Suddenly, I recall the fruit stands and change direction for the market. The fruit seems ridiculously overpriced. My knowing this is either a sign of my domesticity or the length of time I've been here. Or both. But wait? I have an apple in my bag. I soft-ball sized red apple from a farmer whose produce we trust. I work it free from my bag and start to eat it on my to the station. By the time the train arrives, I've eaten it down to the stalk.

Zličín

I feel I've been here before but I don't remember why. It couldn't be the shopping centre. I wouldn't come all this way, not when the identical stores are more conveniently located. It couldn't have been for the atmosphere. It's not even charmingly decrepit. People stand stiffly while trying to smoke casually. Everyone's reading everyone else. Then there's a sudden burst of moment. This time two guys hurry to the train platform. And it's back to the awkward stares.

Maybe, G. and I went on a trip somewhere. There is a bus station here. But I honestly can't recall where. I have this impression I've been here but no firm memory. It's not that it seems familiar. Quite the opposite. It seems mostly strange with a nagging sense that I've been here though until I arrived I thought I never had. Is this what they call presque vu?

This nagging feeling is irritating me the more I stand here, so I walk around the block. The first path leads to a traffic jam and the outskirts of a city ossified under billboards and consumerism. I double back and take a path heading through the long grass.

It is the type of grass we were warned away from as kids. "Dugites might be there." Any snake was a dugite. No snakes today. Only snails. Huge snails lugging their limestone like homes across the rain moistened path. Some smaller ones are dining on the unfortunate victim of a careless foot. All around is the pervading smell of an unwashed crisper.

We warned about other dangers in the grass and be so suddenly isolated, I can't help but given into those fears. "It would be my luck," I think but I reach a gate without incident and turn back.

While I approach the station I hear the distinctive rattle of a spray can. As a child I wanted my father to open up a can to show me the ball bearing inside. I asked no matter how many times he explained that the can would explode if he tried. Years later, I found an opened can in the bush. The ball bearing was still there just as I imagined. What else could it be? It was one of those distinctly disappointing moments.

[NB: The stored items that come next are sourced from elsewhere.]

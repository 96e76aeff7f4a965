ghost use Rattle.std.specs.Prelude.{◌≤◌, length, IfOk};
ghost use Rattle.recursion_groups.specs.Grouping.{IsGrouping};

use crate::calls::call_lists;
use crate::list::Groups;
use crate::members::grouped;
use c_tree::Memory;
use flow_graph::Graph;
use std::alloc::Global;

/// The call groups of a program in their order: the procedures with bodies, in one group where each reaches the
/// other by calls. A called group stands before its caller's; where several could stand next, the one that holds
/// the smallest procedure number does. Time grows no faster than procedures and calls, times the logarithm of the
/// number of procedures.
pub fn groups(alloc: Global, graph: &Graph) -> Result<Groups, Memory>
    ensures grouping { IfOk result (IsGrouping graph.now) }
    ensures count { IfOk result (λ gs. length gs ≤ graph.now.bodies) }
{
    // So many that their numbers fit.
    let _bodies = graph.bodies();
    let calls = call_lists(alloc, graph)?;
    let items = grouped(alloc, calls.as_slice())?;
    Ok(Groups { items })
}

The juvenile graffiti artists lower their voices and crouch behind the railing. Do they really think I care? Then I remember a game we played as kids. We would stand at the end of the drive way and wait for cars. At the last moment, we would duck for cover. The cars went on oblivious and our hearts pounded and our bodies wriggled with pleasure. Subterfuge of any kind is tantalising.

I head back to the platform disappointed I can't get more from this place. Partly, I feel ashamed, as though I'm letting the station down by not finding something more. Of course, this is a home to someone. Someone else had their first smoke or drink or god knows what here. The graffiti artists will perhaps think back to this place as one of their first hits. To me though, it's just a suburb that smells like day old salad.

And I still don't know why I came here the first time.